_Your task_: Collect from the data below each line with "filename".

[Stored data entries]
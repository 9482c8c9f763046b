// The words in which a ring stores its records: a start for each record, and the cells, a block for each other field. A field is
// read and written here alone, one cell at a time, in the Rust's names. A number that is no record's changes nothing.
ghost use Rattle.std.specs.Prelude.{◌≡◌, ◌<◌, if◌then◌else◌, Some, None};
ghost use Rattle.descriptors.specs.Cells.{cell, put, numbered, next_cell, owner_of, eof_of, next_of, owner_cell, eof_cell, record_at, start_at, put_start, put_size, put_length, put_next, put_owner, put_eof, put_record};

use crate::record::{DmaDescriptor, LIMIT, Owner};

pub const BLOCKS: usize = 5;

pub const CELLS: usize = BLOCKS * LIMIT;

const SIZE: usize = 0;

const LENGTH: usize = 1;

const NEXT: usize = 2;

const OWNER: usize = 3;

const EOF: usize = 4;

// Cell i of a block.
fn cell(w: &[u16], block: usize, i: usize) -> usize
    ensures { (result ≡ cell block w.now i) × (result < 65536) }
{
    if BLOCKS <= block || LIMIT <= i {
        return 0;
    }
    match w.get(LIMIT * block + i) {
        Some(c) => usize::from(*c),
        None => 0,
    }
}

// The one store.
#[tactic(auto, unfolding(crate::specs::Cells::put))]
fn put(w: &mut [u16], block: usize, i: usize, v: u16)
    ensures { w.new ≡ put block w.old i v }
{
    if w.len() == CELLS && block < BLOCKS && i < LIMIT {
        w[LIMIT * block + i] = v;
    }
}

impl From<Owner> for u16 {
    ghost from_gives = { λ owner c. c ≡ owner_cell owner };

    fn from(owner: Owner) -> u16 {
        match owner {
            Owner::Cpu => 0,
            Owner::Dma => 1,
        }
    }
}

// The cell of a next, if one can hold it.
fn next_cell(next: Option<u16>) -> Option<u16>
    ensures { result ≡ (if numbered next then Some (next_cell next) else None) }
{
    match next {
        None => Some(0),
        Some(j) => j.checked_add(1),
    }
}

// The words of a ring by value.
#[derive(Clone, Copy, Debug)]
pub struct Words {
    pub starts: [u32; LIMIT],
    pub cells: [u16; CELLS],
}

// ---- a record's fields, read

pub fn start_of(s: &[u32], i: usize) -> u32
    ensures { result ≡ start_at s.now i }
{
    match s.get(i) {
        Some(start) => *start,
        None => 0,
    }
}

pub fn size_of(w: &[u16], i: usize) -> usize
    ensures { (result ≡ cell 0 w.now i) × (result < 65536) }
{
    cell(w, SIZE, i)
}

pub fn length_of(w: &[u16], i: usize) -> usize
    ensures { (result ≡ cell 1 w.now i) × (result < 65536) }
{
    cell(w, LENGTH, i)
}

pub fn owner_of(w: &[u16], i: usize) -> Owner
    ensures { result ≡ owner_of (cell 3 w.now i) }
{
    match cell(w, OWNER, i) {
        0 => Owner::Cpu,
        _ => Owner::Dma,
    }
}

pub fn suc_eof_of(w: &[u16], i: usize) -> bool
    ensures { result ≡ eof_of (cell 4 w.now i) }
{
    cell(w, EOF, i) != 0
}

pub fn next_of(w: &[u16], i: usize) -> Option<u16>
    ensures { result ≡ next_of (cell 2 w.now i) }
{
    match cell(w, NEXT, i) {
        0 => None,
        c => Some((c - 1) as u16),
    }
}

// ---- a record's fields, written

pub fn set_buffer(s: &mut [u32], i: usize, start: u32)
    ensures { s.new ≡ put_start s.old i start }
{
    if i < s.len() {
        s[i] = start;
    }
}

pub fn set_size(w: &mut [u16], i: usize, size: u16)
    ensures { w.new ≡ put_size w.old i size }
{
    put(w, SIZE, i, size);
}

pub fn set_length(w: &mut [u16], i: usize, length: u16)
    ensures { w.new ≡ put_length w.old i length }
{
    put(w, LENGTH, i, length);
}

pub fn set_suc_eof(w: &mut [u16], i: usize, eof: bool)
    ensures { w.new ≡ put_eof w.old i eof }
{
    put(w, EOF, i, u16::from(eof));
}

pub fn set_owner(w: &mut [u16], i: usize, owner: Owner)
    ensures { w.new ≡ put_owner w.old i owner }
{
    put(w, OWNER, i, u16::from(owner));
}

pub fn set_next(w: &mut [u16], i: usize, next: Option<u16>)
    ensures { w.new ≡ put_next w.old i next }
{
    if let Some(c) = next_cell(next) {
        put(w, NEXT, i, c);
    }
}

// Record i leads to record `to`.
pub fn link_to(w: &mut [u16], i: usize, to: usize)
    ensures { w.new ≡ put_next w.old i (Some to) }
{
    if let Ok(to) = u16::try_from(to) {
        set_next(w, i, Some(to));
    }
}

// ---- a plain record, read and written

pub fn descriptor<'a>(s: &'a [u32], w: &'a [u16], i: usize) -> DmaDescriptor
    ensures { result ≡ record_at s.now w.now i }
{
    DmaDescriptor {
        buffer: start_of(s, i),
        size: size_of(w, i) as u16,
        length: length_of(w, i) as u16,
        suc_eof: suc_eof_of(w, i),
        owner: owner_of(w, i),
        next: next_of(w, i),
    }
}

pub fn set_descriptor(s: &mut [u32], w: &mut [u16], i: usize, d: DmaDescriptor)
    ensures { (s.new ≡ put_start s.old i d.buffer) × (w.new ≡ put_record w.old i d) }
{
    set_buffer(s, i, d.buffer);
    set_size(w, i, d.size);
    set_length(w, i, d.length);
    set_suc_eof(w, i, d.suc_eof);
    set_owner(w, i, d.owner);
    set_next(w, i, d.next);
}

---

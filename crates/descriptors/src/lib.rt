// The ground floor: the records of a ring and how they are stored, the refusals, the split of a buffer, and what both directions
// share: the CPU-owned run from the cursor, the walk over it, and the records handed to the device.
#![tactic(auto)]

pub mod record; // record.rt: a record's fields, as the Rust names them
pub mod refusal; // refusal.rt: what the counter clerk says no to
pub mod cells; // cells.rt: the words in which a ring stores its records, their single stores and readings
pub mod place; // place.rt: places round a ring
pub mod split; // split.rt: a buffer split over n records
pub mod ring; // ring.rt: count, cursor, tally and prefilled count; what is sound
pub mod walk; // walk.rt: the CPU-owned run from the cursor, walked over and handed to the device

--

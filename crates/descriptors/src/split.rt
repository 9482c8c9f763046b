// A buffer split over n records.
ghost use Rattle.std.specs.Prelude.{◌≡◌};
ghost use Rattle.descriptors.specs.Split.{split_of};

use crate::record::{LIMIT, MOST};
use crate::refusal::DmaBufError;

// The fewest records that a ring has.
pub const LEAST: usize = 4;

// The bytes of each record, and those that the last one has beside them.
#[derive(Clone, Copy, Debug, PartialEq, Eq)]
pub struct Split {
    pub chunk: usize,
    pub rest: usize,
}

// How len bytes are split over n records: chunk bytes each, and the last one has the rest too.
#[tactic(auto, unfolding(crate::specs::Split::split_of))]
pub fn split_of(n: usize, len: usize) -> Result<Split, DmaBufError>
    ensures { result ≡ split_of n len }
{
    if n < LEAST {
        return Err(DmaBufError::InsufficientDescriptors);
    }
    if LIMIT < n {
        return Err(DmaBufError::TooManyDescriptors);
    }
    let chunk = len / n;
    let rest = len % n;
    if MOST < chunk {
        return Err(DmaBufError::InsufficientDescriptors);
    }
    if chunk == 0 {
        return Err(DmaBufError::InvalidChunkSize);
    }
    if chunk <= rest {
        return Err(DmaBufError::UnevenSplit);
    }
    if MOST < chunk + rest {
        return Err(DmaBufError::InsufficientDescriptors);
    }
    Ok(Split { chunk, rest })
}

_Result of the exercise_:
filename crates/descriptors/src/lib.rt
filename crates/descriptors/src/split.rt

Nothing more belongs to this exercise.